I hope I didn’t make too much of a fuss but one way or another I was granted “weekend leave” and allowed to go home on the understanding that I would report back on Monday morning. Although I’d only just acquainted myself with my fellow inmates half an hour earlier there were some jokey comments from them as I was packing my bag, but I assured them that I’d be back on Monday with Red Cross parcels and that I’d help them to organise an escape committee.
Monday morning, I’m sitting on the bed reading when the consultant comes in to do his rounds. He looks at me, does a double take and says “What are you doing here?” He’d forgotten that he’d seen me four days earlier and decided to admit me. We think that we are special cases with our very special disease, but we forget that unfortunately, our doctors see far too many similar cases.

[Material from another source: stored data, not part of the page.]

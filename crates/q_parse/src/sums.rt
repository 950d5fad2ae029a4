//! The sums of DEFINESCORE.

ghost use Rattle.std.specs.Prelude.{◌≡◌, ◌<◌, ◌∷◌, [], IfOk, OnOk, OnSome, MatchOption, vec_len, Some, None};
ghost use Rattle.std.specs.Bool.{if◌then◌else◌};
ghost use Rattle.q_lex.specs.Words.{strict};
ghost use Rattle.q_parse.specs.Grammar.{step_tightness, is_sum_sign, sign_step};
ghost use Rattle.q_parse.specs.Machine.{step_at, sum_joined, sum_close, sum_sign, sum_goes_on, sum_after, SumOperand};
ghost use Rattle.q_parse.specs.Views.{frames_of, stack_of, Steps, TakesSumFrame};

use crate::stages::{Frame, Stage, StepError, SumFrame};
use ct_base::{Listed, Memory};
use q_lex::{Infix, Lexeme, atom, is_plus};
use q_tree::{Leaf, Query, SumStep};
use std::alloc::AllocFailed;

fn step_tightness(step: SumStep) -> u8
    ensures { result ≡ step_tightness step }
{
    match step {
        SumStep::Times => 2,
        SumStep::Number(_) => 1,
        SumStep::Discrete => 1,
        SumStep::Occurrence => 1,
        SumStep::Plus => 1,
        SumStep::Minus => 1,
    }
}

#[tactic(auto, using(crate::proofs::Frames::stack_of_last))]
fn push_stack(stack: &mut Vec<SumFrame>, frame: SumFrame) -> Result<(), AllocFailed<SumFrame>>
    ensures { OnOk result (stack_of stack.new.items ≡ frame ∷ stack_of stack.old.items) }
{
    stack.push(frame)?;
    Ok(())
}

#[tactic(auto, using(crate::proofs::Frames::stack_of_last, crate::proofs::Frames::no_stack_left))]
fn pop_stack(stack: &mut Vec<SumFrame>) -> Option<SumFrame>
    ensures frames { TakesSumFrame result stack.old.items stack.new.items }
    ensures len { OnSome result (vec_len stack.new < vec_len stack.old) }
{
    match stack.pop() {
        None => None,
        Some(frame) => Some(frame),
    }
}

/// Joins the operators of a sum that bind at least as tight as `least`.
fn sum_join(
    least: u8,
    stack: &mut Vec<SumFrame>,
    out: Listed<SumStep>,
) -> Result<Listed<SumStep>, Memory>
    ensures { IfOk result (λ more. sum_joined least (stack_of stack.old.items) out ≡ (stack_of stack.new.items, more)) }
{
    let mut out = out;
    'joins: loop {
        match pop_stack(stack) {
            None => return Ok(out),
            Some(SumFrame::SumOpen) => {
                push_stack(stack, SumFrame::SumOpen)?;
                return Ok(out);
            }
            Some(SumFrame::SumLeft(step)) => {
                if step_tightness(step) < least {
                    push_stack(stack, SumFrame::SumLeft(step))?;
                    return Ok(out);
                }
                out = out.with(step)?;
            }
        }
    }
}

/// The step that the lexeme is, where it is an operator of a sum. The minus of a sum is the sign `-`, and not the word MINUS.
pub(crate) fn sum_operator(lexeme: &Lexeme) -> Option<SumStep>
    ensures { result ≡ (if is_sum_sign strict lexeme.now then Some (sign_step lexeme.now) else None) }
{
    match lexeme {
        Lexeme::Word(written) => {
            if is_plus(written) {
                Some(SumStep::Plus)
            } else {
                None
            }
        }
        Lexeme::Operator(Infix::MinusSign) => Some(SumStep::Minus),
        Lexeme::Star => Some(SumStep::Times),
        _ => None,
    }
}

fn sum_close(
    phrases: Listed<Leaf>,
    out: Listed<SumStep>,
    stack: Vec<SumFrame>,
    count: u32,
    frames: &Vec<Frame>,
) -> Result<Stage, StepError>
    ensures { Steps result frames.now.items (sum_close phrases count (sum_joined 1 (stack_of stack.items) out) (frames_of frames.now.items)) }
{
    let mut stack = stack;
    let out = sum_join(1, &mut stack, out)?;
    match pop_stack(&mut stack) {
        None => Ok(Stage::After(6, Query::Define(phrases, out))),
        Some(SumFrame::SumOpen) => Ok(Stage::SumAfter(phrases, out, stack, count)),
        Some(SumFrame::SumLeft(_)) => Err(StepError::Refused),
    }
}

fn sum_goes_on(
    phrases: Listed<Leaf>,
    out: Listed<SumStep>,
    stack: Vec<SumFrame>,
    count: u32,
    frames: &Vec<Frame>,
    step: SumStep,
) -> Result<Stage, StepError>
    requires { count < 8 }
    ensures { Steps result frames.now.items (sum_goes_on phrases count step (stack_of stack.items) out (frames_of frames.now.items)) }
{
    let mut stack = stack;
    let out = sum_join(step_tightness(step), &mut stack, out)?;
    push_stack(&mut stack, SumFrame::SumLeft(step))?;
    Ok(Stage::SumOperand(phrases, out, stack, count + 1))
}

pub(crate) fn sum_after(
    phrases: Listed<Leaf>,
    out: Listed<SumStep>,
    stack: Vec<SumFrame>,
    count: u32,
    frames: &Vec<Frame>,
    lexeme: &Lexeme,
) -> Result<Stage, StepError>
    ensures { Steps result frames.now.items (sum_after strict phrases out (stack_of stack.items) count (frames_of frames.now.items) lexeme.now) }
{
    match lexeme {
        Lexeme::Close => sum_close(phrases, out, stack, count, frames),
        _ => match sum_operator(lexeme) {
            Some(step) if count < 8 => sum_goes_on(phrases, out, stack, count, frames, step),
            _ => Err(StepError::Refused),
        },
    }
}

pub(crate) fn sum_operand(
    frames: &Vec<Frame>,
    phrases: Listed<Leaf>,
    out: Listed<SumStep>,
    stack: Vec<SumFrame>,
    count: u32,
    lexeme: &Lexeme,
) -> Result<Stage, StepError>
    ensures { Steps result frames.now.items (step_at strict (SumOperand phrases out (stack_of stack.items) count) (frames_of frames.now.items) lexeme.now) }
{
    match lexeme {
        Lexeme::Word(written) => match atom(written) {
            Some(step) => Ok(Stage::SumAfter(phrases, out.with(step)?, stack, count)),
            None => Err(StepError::Refused),
        },
        Lexeme::Open => {
            let mut stack = stack;
            push_stack(&mut stack, SumFrame::SumOpen)?;
            Ok(Stage::SumOperand(phrases, out, stack, count))
        }
        _ => Err(StepError::Refused),
    }
}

It all comes back to him, with a little help from Sue, the MacMillan nurse, and he returns after rounds to insert the chest drain. Again, he uses the portable ultra-sound scanner to establish where the fluid is, and carries out the procedure without too much pain. As the fluid starts to drain into the bottle he asks me if I experienced a cough when this was done previously. I’d no sooner said “No” when I started coughing violently and couldn’t stop. They put the oxygen mask on me and this helped the coughing subside in a couple of minutes, but it still came as a shock. I could have done with being warned just a little bit sooner! Whilst I was coughing and spluttering he explained that the build-up of fluid puts pressure on the internal organs, particularly the heart, lungs and diaphragm, and pushes them out of place. When the fluid is removed the organs move back into position and this causes the coughing.

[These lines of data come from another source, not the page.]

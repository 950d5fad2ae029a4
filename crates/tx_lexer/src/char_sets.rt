//! Sets of characters.

ghost use Rattle.std.specs.Prelude.{◌≡◌, ◌≤◌, true, IfOk, length};
ghost use Rattle.std.specs.Str.{chars};
ghost use Rattle.tx_lexer.specs.CharSets.{has, place_of, rises, set_of};

use ct_base::{Memory, split_first};
use std::alloc::Global;
use std::marker::Model;

/// A set of characters, seen as them in rising order, each once.
#[derive(Clone, Debug, Drop)]
pub struct CharSet {
    chars: Vec<char>,
}

impl Model for CharSet {
    ghost use Rattle.std.specs.Prelude.{ℕ, List, ◌≡◌, true};
    ghost use Rattle.tx_lexer.specs.CharSets.{rises};

    ghost Value = { List ℕ };

    ghost view = { λ s. s.chars.items };

    ghost invariant = { λ s. rises s.chars.items ≡ true };
}

impl CharSet {
    ghost use Rattle.std.specs.Prelude.{[]};
    ghost use Rattle.tx_lexer.specs.CharSets.{with_char};

    /// The empty set. It takes no memory.
    pub fn new(alloc: Global) -> CharSet
        ensures { result ≡ [] }
    {
        CharSet {
            chars: Vec::new(alloc),
        }
    }

    /// The set of the characters of a text.
    pub fn of(alloc: Global, text: &str) -> Result<CharSet, Memory>
        ensures { IfOk result (λ s. s ≡ set_of (chars text.now)) }
    {
        let mut set = CharSet::new(alloc);
        let mut rest = text;
        while let Some((c, after)) = split_first(rest) {
            set.put(c)?;
            rest = after;
        }
        Ok(set)
    }

    fn put(&mut self, c: char) -> Result<(), Memory>
        ensures { IfOk result (λ _. self.new ≡ with_char c self.old) }
    {
        if !self.has(c) {
            let at = place_of(self.chars.as_slice(), c);
            self.chars.insert(at, c)?;
        }
        Ok(())
    }

    /// Whether the character belongs to the set. Its cost is the logarithm of their number.
    pub fn has(&self, c: char) -> bool
        ensures { result ≡ has self.now c }
    {
        self.chars.binary_search(&c).is_ok()
    }

    /// The characters in rising order.
    pub fn as_slice(&self) -> &[char]
        ensures chars { result.now ≡ self.now }
        ensures rises { rises self.now ≡ true }
    {
        self.chars.as_slice()
    }
}

/// How many of them at the beginning are less.
fn place_of(chars: &[char], c: char) -> usize
    ensures place { result ≡ place_of c chars.now }
    ensures within { result ≤ length chars.now }
{
    let mut at = 0;
    let mut rest = chars;
    while let [d, later @ ..] = rest {
        if *d >= c {
            break;
        }
        at += 1;
        rest = later;
    }
    at
}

Once again, the removal of the fluid eased the symptoms and I began to feel better pretty quickly. I consider myself fortunate that I was able to retire soon after diagnosis, so I’ve been able to enjoy the long periods between the treatments I’ve described, simply enjoying life. My main ongoing symptoms are tiredness (I often have to drag myself out of bed) and feeling queasy (for which I take metaclopramide). I do get the odd ache and twinge on my right side that I put down to the tumours, but I count myself lucky that that’s about as bad as it gets. I also get breathless if I exert myself at all, so I don’t (my wife will confirm this).
Obviously, I’ve had to hang up my football boots (some of my team-mates suggested that I should have done so earlier – cheeky devils) and I’m now involved in the management of the team I used to play for. This means that I can usually be found on Saturday mornings standing at the side of a muddy pitch yelling encouragement (obscenities) at various team members. In fact, we play our home games on the pitch across the road from Freeman Road Hospital and I actually watched one of our games from the ward after I’d had the pleurodesis.
Being retired also allows us to make good use of our apartment in Spain. We can be very flexible with our dates and usually manage to get cheap fares, enabling us to visit 4 or 5 times a year. When we’re not in Spain, we’re pretty keen racegoers and probably attend a local meeting every few weeks in the summer months.
I study the form (and like to think I know a bit about it) and Hazel likes to see the horses in the parade ring and backs the one that whinnies (or does its business) as it goes past her. An analysis of our returns would probably show that her method is at least as good as mine. All in all, life is good and we’re enjoying it. We know that there will be another hurdle along soon, but we’ll deal with that and keep going for as long as possible.